Source code for mmocr.datasets.kie_dataset

# Copyright (c) OpenMMLab. All rights reserved.
import copy
import warnings
from os import path as osp

import numpy as np
import torch
from mmdet.datasets.builder import DATASETS

from mmocr.core import compute_f1_score
from mmocr.datasets.base_dataset import BaseDataset
from mmocr.datasets.pipelines import sort_vertex8
from mmocr.utils import is_type_list, list_from_file


[docs]@DATASETS.register_module()
class KIEDataset(BaseDataset):
    """
    Args:
        ann_file (str): Annotation file path.
        pipeline (list[dict]): Processing pipeline.
        loader (dict): Dictionary to construct loader
            to load annotation infos.
        img_prefix (str, optional): Image prefix to generate full
            image path.
        test_mode (bool, optional): If True, try...except will
            be turned off in __getitem__.
        dict_file (str): Character dict file path.
        norm (float): Norm to map value from one range to another.
    """

    def __init__(self,
                 ann_file=None,
                 loader=None,
                 dict_file=None,
                 img_prefix='',
                 pipeline=None,
                 norm=10.,
                 directed=False,
                 test_mode=True,
                 **kwargs):
        if ann_file is None and loader is None:
            warnings.warn(
                'KIEDataset is only initialized as a downstream demo task '
                'of text detection and recognition '
                'without an annotation file.', UserWarning)
        else:
            super().__init__(
                ann_file,
                loader,
                pipeline,
                img_prefix=img_prefix,
                test_mode=test_mode)
            assert osp.exists(dict_file)

        self.norm = norm
        self.directed = directed
        self.dict = {
            '': 0,
            **{
                line.rstrip('\r\n'): ind
                for ind, line in enumerate(list_from_file(dict_file), 1)
            }
        }

[docs]    def pre_pipeline(self, results):
        results['img_prefix'] = self.img_prefix
        results['bbox_fields'] = []
        results['ori_texts'] = results['ann_info']['ori_texts']
        results['filename'] = osp.join(self.img_prefix,
                                       results['img_info']['filename'])
        results['ori_filename'] = results['img_info']['filename']
        # a dummy img data
        results['img'] = np.zeros((0, 0, 0), dtype=np.uint8)

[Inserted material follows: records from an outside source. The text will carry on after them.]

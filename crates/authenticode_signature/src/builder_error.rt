//! Errors of building a signature.

ghost use Rattle.std.specs.Prelude.{◌≡◌, Some};
ghost use Rattle.authenticode_signature.specs.BuilderError.{builder_error_text, builder_refusal, unwritten_in_builder};
ghost use Rattle.authenticode_signature.specs.declared.builder_error.AuthenticodeSignatureBuilderError.TheVariants as builder_errors;

use authenticode_core::AuthenticodeError;
use der_core::DerError;
use std::alloc::{AllocError, AllocFailed};
use std::fmt::{self, Display};
use thiserror::Error;

/// Why a signature isn't built, in the order of the checks, except for those in
/// `AuthenticodeError`.
#[derive(Debug, Drop, Error)]
pub enum AuthenticodeSignatureBuilderError {
    /// No digest algorithm is given.
    MissingDigestAlgorithm,
    /// No content is given.
    MissingContentInfo,
    /// No private key is given.
    MissingSigningKey,
    /// The issuer and the serial number of the signer's certificate aren't given.
    MissingIssuerAndSerialNumber,
    /// No certificates are given.
    MissingCertificatesRequired,
    /// The digest algorithm, the signer's certificate or the key can't sign. Never wraps `Memory`.
    AuthenticodeError(AuthenticodeError),
    /// The content or the attributes can't be written. Never wraps `Memory`.
    Asn1DerError(DerError),
    /// Out of memory.
    Memory,
}

impl fmt::Display for AuthenticodeSignatureBuilderError {
    ghost output = { λ error. Some (builder_error_text error) };

    fn fmt<W: fmt::Write>(&self, f: &mut fmt::Formatter<W>) -> fmt::Result {
        match self {
            AuthenticodeSignatureBuilderError::MissingDigestAlgorithm => {
                write!(f, "no digest algorithm is given")
            }
            AuthenticodeSignatureBuilderError::MissingContentInfo => {
                write!(f, "no content is given")
            }
            AuthenticodeSignatureBuilderError::MissingSigningKey => {
                write!(f, "no private key is given")
            }
            AuthenticodeSignatureBuilderError::MissingIssuerAndSerialNumber => {
                write!(f, "no issuer and no serial number are given")
            }
            AuthenticodeSignatureBuilderError::MissingCertificatesRequired => {
                write!(f, "no certificates are given")
            }
            AuthenticodeSignatureBuilderError::AuthenticodeError(error) => error.fmt(f),
            AuthenticodeSignatureBuilderError::Asn1DerError(error) => error.fmt(f),
            AuthenticodeSignatureBuilderError::Memory => write!(f, "out of memory"),
        }
    }
}

/// Out of memory is reported as such.
impl From<AuthenticodeError> for AuthenticodeSignatureBuilderError {
    ghost from_gives = { λ error e. e ≡ builder_refusal error };

    fn from(error: AuthenticodeError) -> AuthenticodeSignatureBuilderError {
        match &error {
            AuthenticodeError::Memory => AuthenticodeSignatureBuilderError::Memory,
            _ => AuthenticodeSignatureBuilderError::AuthenticodeError(error),
        }
    }
}

/// Out of memory is reported as such.
impl From<DerError> for AuthenticodeSignatureBuilderError {
    ghost from_gives = { λ error e. e ≡ unwritten_in_builder error };

    fn from(error: DerError) -> AuthenticodeSignatureBuilderError {
        match error {
            DerError::Memory => AuthenticodeSignatureBuilderError::Memory,
            error => AuthenticodeSignatureBuilderError::Asn1DerError(error),
        }
    }
}

impl From<AllocError> for AuthenticodeSignatureBuilderError {
    ghost from_gives = { λ _ e. e ≡ builder_errors.Memory };

    fn from(_refused: AllocError) -> AuthenticodeSignatureBuilderError {
        AuthenticodeSignatureBuilderError::Memory
    }
}

impl<T: Drop> From<AllocFailed<T>> for AuthenticodeSignatureBuilderError {
    ghost from_gives = { λ _ e. e ≡ builder_errors.Memory };

    fn from(_refused: AllocFailed<T>) -> AuthenticodeSignatureBuilderError {
        AuthenticodeSignatureBuilderError::Memory
    }
}
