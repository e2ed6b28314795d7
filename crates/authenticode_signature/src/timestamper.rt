//! Sources of timestamps.

ghost use Rattle.std.specs.Prelude.{◌≡◌, ℕ, Ok, Err, IfOk, OnOk, OnErr, IfErr, Result};
ghost use Rattle.der_core.specs.Rules.{OrMemory};
ghost use Rattle.der_core.specs.Counts.{GoesOn, HasRisen};
ghost use Rattle.cms_types.specs.declared.signed_data.SignedData.{SignedData};
ghost use Rattle.authenticode_core.specs.declared.timestamp_error.TimestampError.{TimestampError};
ghost use Rattle.authenticode_core.specs.declared.timestamp_error.TimestampError.TheVariants as errors;
ghost use Rattle.authenticode_signature.specs.Timestamper.{GiveAlike, Giving, Modification, ModifyAlike};
ghost use Rattle.authenticode_signature.specs.declared.pkcs7.Pkcs7.{Pkcs7};

use crate::pkcs7::Pkcs7;
use authenticode_core::TimestampError;
use cms_types::SignedData;
use sig_core::HashAlgorithm;
use std::alloc::Global;

/// Issues timestamps, as signed data called tokens, and adds them to signed data.
pub trait Timestamper {
    // Which tokens it may issue for octets and a digest algorithm.
    ghost gives: { Self → Giving };

    // The outcome of its modification of signed data by a token.
    ghost modifies: { Self → Modification };

    // How often it has failed.
    ghost faults: { Self → ℕ };

    /// A token for these octets, unhashed: `AuthenticodeSignature::timestamp` passes those of the
    /// first signer's signature. It fails when out of memory, and otherwise only if the fault count
    /// rose in this call or is at its maximum.
    fn timestamp(
        &mut self,
        alloc: Global,
        digest: &[u8],
        hash_algo: HashAlgorithm,
    ) -> Result<Pkcs7, TimestampError>
        ensures given { IfOk result (λ token. gives self.old digest.now hash_algo token) }
        ensures cause { IfErr result
            (OrMemory errors.Memory (λ _. HasRisen (faults self.old) (faults self.new))) }
        ensures counted { GoesOn (faults self.old) (faults self.new) }
        ensures same_tokens { GiveAlike (gives self.old) (gives self.new) }
        ensures same_modification { ModifyAlike (modifies self.old) (modifies self.new) };

    /// Adds the token to the signed data. It fails when out of memory, and otherwise exactly with
    /// the error that this modification has; then nothing is changed.
    fn modify_signed_data(
        &self,
        token: Pkcs7,
        signed_data: &mut SignedData,
    ) -> Result<(), TimestampError>
        ensures modified { OnOk result
            (modifies self.now token signed_data.old (Ok signed_data.new)) }
        ensures refused { IfErr result
            (OrMemory errors.Memory (λ e. modifies self.now token signed_data.old (Err e))) }
        ensures unchanged { OnErr result (signed_data.new ≡ signed_data.old) };

    // A modification with an error has no other outcome.
    ghost one_outcome: { (timestamper : Self) (token : Pkcs7) (before : SignedData)
        (e : TimestampError) (outcome : Result SignedData TimestampError)
        → modifies timestamper token before (Err e) → modifies timestamper token before outcome
        → outcome ≡ Err e };
}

    def _parse_anno_info(self, annotations):
        """Parse annotations of boxes, texts and labels for one image.
        Args:
            annotations (list[dict]): Annotations of one image, where
                each dict is for one character.

        Returns:
            dict: A dict containing the following keys:

                - bboxes (np.ndarray): Bbox in one image with shape:
                    box_num * 4. They are sorted clockwise when loading.
                - relations (np.ndarray): Relations between bbox with shape:
                    box_num * box_num * D.
                - texts (np.ndarray): Text index with shape:
                    box_num * text_max_len.
                - labels (np.ndarray): Box Labels with shape:
                    box_num * (box_num + 1).
        """

        assert is_type_list(annotations, dict)
        assert len(annotations) > 0, 'Please remove data with empty annotation'
        assert 'box' in annotations[0]
        assert 'text' in annotations[0]

        boxes, texts, text_inds, labels, edges = [], [], [], [], []
        for ann in annotations:
            box = ann['box']
            sorted_box = sort_vertex8(box[:8])
            boxes.append(sorted_box)
            text = ann['text']
            texts.append(ann['text'])
            text_ind = [self.dict[c] for c in text if c in self.dict]
            text_inds.append(text_ind)
            labels.append(ann.get('label', 0))
            edges.append(ann.get('edge', 0))

        ann_infos = dict(
            boxes=boxes,
            texts=texts,
            text_inds=text_inds,
            edges=edges,
            labels=labels)

        return self.list_to_numpy(ann_infos)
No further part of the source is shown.